Capítulo 19
NOTA: En el amor nadie es perfecto. Todos cometen errores. Y el peor de todos es la persona que ama mas de lo que debería.
Okey... Confieso que hace días quería escribir un capítulo que fuera sólo de Georgeanne y Hudson [+18]. Bueno, como si los anteriores no valieran, no, pero quería otro más y ya está (antes de que los problemas y los secretos se revelen).
Disfruten el cap:
Capítulo 19
GEORGEANNE CRUZ
Pocas han sido las veces que mi cuerpo se pone de acuerdo con mi mente, acabada la euforia de minutos rebosantes de placer. Porque cuando llego al éxtasis..., la cordura se desvanece y las obligaciones se disipan. Todo a mi alrededor deja de ser importante: mi salud, mi futuro, mi hermana, el lugar donde yacemos en silencio y pegajosos por el sudor que compartimos... Todo.

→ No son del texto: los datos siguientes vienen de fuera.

//! Lists that are looked up by number. Beyond the end no flag is set, and each list is empty; what is set there is forgotten.

ghost use Rattle.std.specs.Prelude.{◌≡◌, ◌++◌, ◌∷◌, [], List, ℕ, OnOk, slice_get, slice_set};
ghost use Rattle.ciel_want_marks.specs.Lists.{Settled, at, entry, flag};

use crate::numbers::Numbers;
use sky_base::text::Memory;
use std::alloc::Global;
use std::mem;

/// The flag of a number.
pub(crate) fn flag(flags: &[bool], number: u32) -> bool
    ensures { result ≡ flag flags.now number }
{
    let i = number as usize;
    i < flags.len() && flags[i]
}

/// Sets the flag of a number.
pub(crate) fn set_flag(flags: &mut Vec<bool>, number: u32, value: bool)
    ensures { flags.new.items ≡ slice_set flags.old.items number value }
{
    let i = number as usize;
    if i < flags.len() {
        flags[i] = value;
    }
}

/// The entry of a number.
pub(crate) fn entry_at(numbers: &[Option<u32>], number: u32) -> Option<u32>
    ensures { result ≡ entry numbers.now number }
{
    let i = number as usize;
    if i < numbers.len() { numbers[i] } else { None }
}

/// The list of a number.
pub(crate) fn list_at(lists: &[Numbers], number: u32) -> &[u32]
    ensures { result.now ≡ at lists.now number }
{
    let i = number as usize;
    if i < lists.len() {
        lists[i].as_slice()
    } else {
        &[]
    }
}

/// The first of a list.
pub(crate) fn first_of(list: &[u32]) -> Option<u32>
    ensures { result ≡ slice_get list.now 0 }
{
    if list.is_empty() { None } else { Some(list[0]) }
}

/// Puts a number at the end of the list of a number.
pub(crate) fn push_at(lists: &mut Vec<Numbers>, number: u32, item: u32) -> Result<(), Memory>
    ensures { OnOk result (lists.new.items ≡ slice_set lists.old.items number (at lists.old.items number ++ item ∷ [])) }
{
    let i = number as usize;
    if i < lists.len() {
        let list = &mut lists[i];
        return list.push(item);
    }
    Ok(())
}

/// Takes the list of a number away, which is empty then.
pub(crate) fn take_at(alloc: Global, lists: &mut Vec<Numbers>, number: u32) -> Numbers
    ensures taken { result ≡ at lists.old.items number }
    ensures left { lists.new.items ≡ slice_set lists.old.items number [] }
{
    let i = number as usize;
    let none = Numbers::new(alloc);
    if i < lists.len() {
        mem::replace(&mut lists[i], none)
    } else {
        none
    }
}

/// Sets the list of a number.
pub(crate) fn put_at(lists: &mut Vec<Numbers>, number: u32, list: Numbers)
    ensures { lists.new.items ≡ slice_set lists.old.items number list }
{
    let i = number as usize;
    if i < lists.len() {
        lists[i] = list;
    }
}

/// Takes those whose flags are set off the end of the list of a number, and answers the last one that is left.
pub(crate) fn settle_at(lists: &mut Vec<Numbers>, number: u32, flags: &[bool]) -> Option<u32>
    ensures { (left : List ℕ) × (lists.new.items ≡ slice_set lists.old.items number left)
        × Settled flags.now (at lists.old.items number) left result }
{
    let i = number as usize;
    if i < lists.len() {
        let list = &mut lists[i];
        list.settle(flags)
    } else {
        None
    }
}
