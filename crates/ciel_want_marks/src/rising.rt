//! Rising lists of numbers. What is looked for is found by halves; what is put in or taken out moves what is behind it, which are
//! 65,536 numbers at most.

ghost use Rattle.std.specs.Prelude.{◌≡◌, ◌↔◌, ◌≤◌, ◌<◌, [], OnOk, cond, is_ok, length, true};
ghost use Rattle.std.specs.List.{insert};
ghost use Rattle.ciel_journal.specs.Job.{In};
ghost use Rattle.ciel_want_marks.specs.Lists.{HasAlso, HasBut, Rising};

use sky_base::text::Memory;
use std::alloc::Global;
use std::marker::Model;

/// Rising numbers. Contracts see them as a list.
#[derive(Drop)]
pub struct RisingNumbers {
    items: Vec<u32>,
}

impl Model for RisingNumbers {
    ghost use Rattle.std.specs.Prelude.{List, ℕ};
    ghost use Rattle.ciel_want_marks.specs.Lists.{Rising};

    ghost Value = { List ℕ };

    ghost view = { λ a. a.items.items };

    ghost invariant = { λ a. Rising a.items.items };
}

// Puts a number in at a place.
fn put(items: &mut Vec<u32>, place: usize, number: u32) -> Result<(), Memory>
    requires within { place ≤ length items.old.items }
    ensures items { items.new.items ≡ cond (is_ok result) (insert items.old.items place number) items.old.items }
{
    match items.insert(place, number) {
        Ok(()) => Ok(()),
        Err(_) => Err(Memory),
    }
}

impl RisingNumbers {
    /// None.
    pub(crate) fn new(alloc: Global) -> RisingNumbers
        ensures { result ≡ [] }
    {
        RisingNumbers {
            items: Vec::new(alloc),
        }
    }

    /// The numbers in order, which rise.
    pub(crate) fn as_slice(&self) -> &[u32]
        ensures numbers { result.now ≡ self.now }
        ensures rising { Rising self.now }
    {
        self.items.as_slice()
    }

    /// Whether a number is in the list.
    pub(crate) fn has(&self, number: u32) -> bool
        ensures { (result ≡ true) ↔ In number self.now }
    {
        self.items.as_slice().binary_search(&number).is_ok()
    }

    /// Puts a number in, if it isn't there.
    ///
    /// Answers `Memory` for want of memory. The list is then as it was.
    pub(crate) fn insert(&mut self, number: u32) -> Result<(), Memory>
        ensures { OnOk result (HasAlso number self.old self.new) }
    {
        match self.items.as_slice().binary_search(&number) {
            Ok(_) => Ok(()),
            Err(i) => put(&mut self.items, i, number),
        }
    }

    /// Takes a number out, if it is there.
    pub(crate) fn remove(&mut self, number: u32)
        ensures { HasBut number self.old self.new }
    {
        if let Ok(i) = self.items.as_slice().binary_search(&number) {
            let _ = self.items.remove(i);
        }
    }
}
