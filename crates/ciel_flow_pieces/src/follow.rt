//! The run of an executor on an output that is still made.

ghost use Rattle.std.specs.Prelude.{◌≡◌, ◌++◌, [], ◌∷◌, ℕ, Ok, IfOk, IfSome, replicate};
ghost use Rattle.sky_base.specs.KitView.{RunsSo};
ghost use Rattle.sky_base.specs.View.{view};
ghost use Rattle.line_kit.specs.Gives.{gives};
ghost use Rattle.line_flow.specs.Told.{CanFeed, Told, fed_more, opened};
ghost use Rattle.line_flow.specs.Stands.{Stands};
ghost use Rattle.ciel_flow_pieces.specs.Source.{output};
ghost use Rattle.ciel_flow_pieces.specs.Pieces.{AllParts};
ghost use Rattle.ciel_flow_pieces.specs.Left.{GivesSo, flat};

use crate::ends::Follower;
use crate::piece::Piece;
use line_flow::flow::Flow;
use sky_base::fault::FaultKind;
use sky_base::text::{Bytes, Memory, Txt};
use sky_base::value::Value;
use std::alloc::Global;
use std::sync::Wait;

/// What was computed ahead: what an executor gives for these bytes.
#[derive(Drop)]
pub struct Left {
    pub executor: Txt,
    pub args: Value,
    pub outputs: u32,
    pub parts: Vec<Bytes>,
    pub made: Result<Vec<Bytes>, FaultKind>,
    ghost so: { GivesSo executor args outputs parts.items made },
}

// Feeds a part, and keeps it.
fn keep(flow: &mut Flow, parts: &mut Vec<Bytes>, bytes: Bytes) -> Result<(), Memory>
    ensures parts { IfOk result (λ _. parts.new.items ≡ parts.old.items ++ bytes ∷ []) }
    ensures fed { IfOk result (λ _. (t : Told) → Stands flow.old t → CanFeed t 0 → Stands flow.new (fed_more t 0 bytes)) }
{
    flow.feed(0, bytes.as_slice())?;
    match parts.push(bytes) {
        Ok(()) => Ok(()),
        Err(_) => Err(Memory),
    }
}

// Takes what comes, up to the last piece.
fn pass_over<R: Wait>(rt: &R, follower: Follower)
    requires { AllParts follower.pieces }
{
    let mut follower = follower;
    for _ in rt.forever() {
        match follower.take(rt) {
            Piece::Part(_) => {}
            Piece::End | Piece::Broken => return,
        }
    }
}

// Feeds a flow with what comes.
fn feed_all<R: Wait>(
    rt: &R,
    alloc: Global,
    executor: Txt,
    args: Value,
    outputs: u32,
    flow: Flow,
    follower: Follower,
) -> Option<Left>
    requires fresh { follower.pieces ≡ [] }
    requires flow { Stands flow (opened executor (view args) 1 outputs) }
    ensures whole { IfSome result (λ l. output follower.source ≡ Ok (flat l.parts.items)) }
    ensures executor { IfSome result (λ l. l.executor ≡ executor) }
    ensures args { IfSome result (λ l. l.args ≡ args) }
    ensures outputs { IfSome result (λ l. l.outputs ≡ outputs) }
{
    let mut follower = follower;
    let mut flow = flow;
    let mut parts = Vec::new(alloc);
    for _ in rt.forever() {
        match follower.take(rt) {
            Piece::Part(bytes) => match keep(&mut flow, &mut parts, bytes) {
                Ok(()) => {}
                Err(_) => {
                    pass_over(rt, follower);
                    return None;
                }
            },
            Piece::Broken => return None,
            Piece::End => return ended(executor, args, outputs, flow, parts),
        }
    }
    unreachable!()
}

// What the flow gives for these parts.
fn ended(executor: Txt, args: Value, outputs: u32, flow: Flow, parts: Vec<Bytes>) -> Option<Left>
    requires { Stands flow record {
      executor = executor;
      args = view args;
      outputs = outputs;
      fed = flat parts.items ∷ [];
      last = 0;
      drained = replicate outputs [];
    } }
    ensures parts { IfSome result (λ l. l.parts ≡ parts) }
    ensures executor { IfSome result (λ l. l.executor ≡ executor) }
    ensures args { IfSome result (λ l. l.args ≡ args) }
    ensures outputs { IfSome result (λ l. l.outputs ≡ outputs) }
{
    match flow.end() {
        Ok(made) => Some(Left {
            executor,
            args,
            outputs,
            parts,
            made,
        }),
        Err(_) => None,
    }
}

/// Runs an executor with one input on the output that comes in pieces, up to its last piece. `None` where that is no end, or there is no
/// memory, or the call is refused. Whatever it answers, all pieces were taken.
pub fn follow<R: Wait>(
    rt: &R,
    alloc: Global,
    executor: Txt,
    args: Value,
    outputs: u32,
    follower: Follower,
) -> Option<Left>
    requires fresh { follower.pieces ≡ [] }
    ensures whole { IfSome result (λ l. output follower.source ≡ Ok (flat l.parts.items)) }
    ensures executor { IfSome result (λ l. l.executor ≡ executor) }
    ensures args { IfSome result (λ l. l.args ≡ args) }
    ensures outputs { IfSome result (λ l. l.outputs ≡ outputs) }
{
    match Flow::open(alloc, &executor, &args, 1, outputs) {
        Ok(flow) => feed_all(rt, alloc, executor, args, outputs, flow, follower),
        Err(_) => {
            pass_over(rt, follower);
            None
        }
    }
}
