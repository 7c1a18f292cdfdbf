//! The rule of the channel, and what each step at it tells.

ghost use Rattle.ciel_flow_pieces.specs.declared.piece.Source.{Source as SourceSeen};

use crate::piece::{Knows, Piece};
use crossbeam_channel::protocol::{Lesson, Outcome, Protocol, Split};
use std::marker::{Brand, PhantomData};

/// The rule.
pub struct Law;

impl Protocol<Piece, Knows> for Law {
    ghost use Rattle.ciel_flow_pieces.specs.Pieces.{Stands, alone};

    ghost holds = { Stands };

    ghost first = { alone };
}

/// What a put tells.
pub struct Puts;

impl Outcome<Piece, Knows> for Puts {
    ghost use Rattle.ciel_flow_pieces.specs.Pieces.{HasPut};

    ghost then = { HasPut };
}

impl Lesson<Piece, Knows> for Puts {
    ghost use Rattle.std.specs.Prelude.{⊤};

    ghost fact = { λ v items. ⊤ };
}

/// What a take tells.
pub struct Takes;

impl Outcome<Piece, Knows> for Takes {
    ghost use Rattle.ciel_flow_pieces.specs.Pieces.{HasTaken};

    ghost then = { HasTaken };
}

impl Lesson<Piece, Knows> for Takes {
    ghost use Rattle.std.specs.Prelude.{⊤};

    ghost fact = { λ v items. ⊤ };
}

/// What a stream is of. Each call that makes one picks it.
pub trait Origin {
    ghost source: { SourceSeen };
}

impl Origin for Brand {
    ghost use Rattle.ciel_flow_pieces.specs.Pieces.{nothing};

    ghost source = { nothing };
}

/// How the first pass of a channel becomes the producer's and the follower's.
pub struct Begins<S> {
    of: PhantomData<S>,
}

impl<S: Origin> Split<Knows> for Begins<S> {
    ghost use Rattle.std.specs.Prelude.{[]};
    ghost use Rattle.ciel_flow_pieces.specs.Pieces.{producer, follower};

    ghost left = { λ v. producer S.source [] };

    ghost right = { λ v. follower S.source [] };
}
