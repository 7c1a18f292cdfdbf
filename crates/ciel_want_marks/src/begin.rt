//! The marks of a graph, from nothing.

ghost use Rattle.std.specs.Prelude.{◌≡◌, ◌<◌, ◌^◌, ◌∷◌, [], ℕ, IfNone, IfOk, IfSome, Some, None, false, true, length, replicate};
ghost use Rattle.ciel_want_marks.specs.Lists.{at, flag};
ghost use Rattle.ciel_want_marks.specs.Marks.{Needs, Stands};
ghost use Rattle.ciel_want_marks.specs.Moves.{HasGraph, IsGraph, IsUnmade, Unfiled};

use crate::lists::set_flag;
use crate::marks::{Marks, push};
use crate::numbers::Numbers;
use crate::rising::RisingNumbers;
use sky_base::text::Memory;
use std::alloc::Global;

// Flags, none of which is set.
fn no_flags(alloc: Global, many: usize) -> Result<Vec<bool>, Memory>
    ensures { IfOk result (λ fs. fs.items ≡ replicate many false) }
{
    let mut flags = Vec::new(alloc);
    match flags.resize(many, false) {
        Ok(()) => Ok(flags),
        Err(_) => Err(Memory),
    }
}

// The root alone.
fn root_alone(alloc: Global, many: usize) -> Result<Vec<bool>, Memory>
    requires some { 0 < many }
    ensures long { IfOk result (λ fs. length fs.items ≡ many) }
    ensures root { IfOk result (λ fs. flag fs.items 0 ≡ true) }
    ensures others { IfOk result (λ fs. (u : ℕ) → flag fs.items u ≡ true → u ≡ 0) }
{
    let mut flags = no_flags(alloc, many)?;
    set_flag(&mut flags, 0, true);
    Ok(flags)
}

// Lists with nothing in them.
fn no_lists(alloc: Global, many: usize) -> Result<Vec<Numbers>, Memory>
    ensures long { IfOk result (λ ls. length ls.items ≡ many) }
    ensures none { IfOk result (λ ls. (u : ℕ) → at ls.items u ≡ []) }
{
    let mut lists = Vec::new(alloc);
    for _ in 0..many {
        push(&mut lists, Numbers::new(alloc))?;
    }
    Ok(lists)
}

// One number.
fn only(alloc: Global, number: u32) -> Result<Numbers, Memory>
    ensures { IfOk result (λ ns. ns ≡ number ∷ []) }
{
    let mut numbers = Numbers::new(alloc);
    numbers.push(number)?;
    Ok(numbers)
}

// The marks where no row is filed.
fn unfiled(
    alloc: Global,
    live: Vec<bool>,
    makers: Vec<Option<u32>>,
    out: Vec<bool>,
) -> Result<Marks, Memory>
    requires few { length live.items < 2 ^ 32 }
    ensures { IfOk result (λ m. Unfiled live.items makers.items out.items m) }
{
    let many = live.len();
    Ok(Marks {
        alloc,
        live,
        makers,
        watchers: no_lists(alloc, many)?,
        wanted: root_alone(alloc, many + 1)?,
        out,
        touched: no_flags(alloc, many + 1)?,
        makes: no_lists(alloc, many + 1)?,
        lacks: no_lists(alloc, many + 1)?,
        list: RisingNumbers::new(alloc),
        todo: only(alloc, 0)?,
        orphans: false,
    })
}

impl Marks {
    /// The marks of a graph: of each row whether it is live, and the node that makes it; of each node whether it is out. The needs of
    /// the root are to be looked at: what is left is a search. `None` exactly where a row that isn't live is made by no node.
    ///
    /// Answers `Memory` for want of memory.
    pub fn begin(
        alloc: Global,
        live: Vec<bool>,
        makers: Vec<Option<u32>>,
        out: Vec<bool>,
    ) -> Result<Option<Marks>, Memory>
        requires few { length live.items < 2 ^ 32 }
        requires graph { IsGraph live.items makers.items out.items }
        ensures graph { IfOk result (λ o. IfSome o (λ m. HasGraph live.items makers.items out.items m)) }
        ensures stands { IfOk result (λ o. IfSome o (λ m. (needs : Needs) → Stands m needs [] [])) }
        ensures none { IfOk result (λ o. IfNone o (IsUnmade live.items makers.items)) }
    {
        let mut marks = unfiled(alloc, live, makers, out)?;
        let many = marks.rows();
        for row in 0..many {
            if marks.is_unmade(row) {
                return Ok(None);
            }
            let maker = marks.maker(row);
            marks.file_under(row, maker)?;
        }
        Ok(Some(marks))
    }
}
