//! A stream of an executor's output.

ghost use Rattle.std.specs.Prelude.{◌≡◌, [], IfOk, Ok};

use crate::ends::{Follower, Producer, stream};
use sky_base::text::{Bytes, Txt};
use sky_base::value::Value;
use std::alloc::{AllocError, Global};
use std::marker::Brand;

/// The two ends of a stream of this output, where its inputs are at hand.
///
/// Answers `AllocError` for want of memory.
pub fn stream_of(
    alloc: Global,
    executor: &Txt,
    args: &Value,
    outputs: u32,
    index: u32,
    inputs: &[Bytes],
) -> Result<(Producer, Follower), AllocError>
    ensures { IfOk result (λ r. (r.0 ≡ record {
      source = record { executor = executor.now; args = args.now; outputs = outputs; index = index; inputs = Ok inputs.now };
      pieces = [];
    }) × (r.1 ≡ record {
      source = record { executor = executor.now; args = args.now; outputs = outputs; index = index; inputs = Ok inputs.now };
      pieces = [];
    })) }
{
    stream::<Brand, &[Bytes], ()>(alloc, executor, args, outputs, index, &inputs, &())
}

El mundo gira, pero ésta es nuestra isla. Aquí estamos a salvo de los «entrometidos», como los llama Hudson. Creo que empiezo a comprender a qué se refiere: no quiere compartirme o que mi cabeza se entretenga con algo o con alguien externo a nosotros.
Nos entendemos.
Mi garganta me duele, las comisuras de mi boca me queman, y los latidos de mi corazón aún golpean mi esternón. No tengo fuerzas, voz y ganas para pedirle un descanso, unos minutos de recuperación, una bocanada de aire fresco.
Tengo miedo de que el olor a sexo se escape de la habitación. No quiero que mi hermana piense lo incorrecto si se despierta. Lo que menos deseo es una bronca con ella. Su corazón malherido no resistirá verme usar el cuarto de su bebé imaginario como «lugar de sexo».
A lo mejor se lo toma a mal. Mi intención no es lastimarla o causarle algún mal. Pero la conozco, y sé que cualquier acción que realice, se lo va a tomar personal. Si me llegara a encontrar con Hudson en esta habitación, de seguro se desata el Armageddon.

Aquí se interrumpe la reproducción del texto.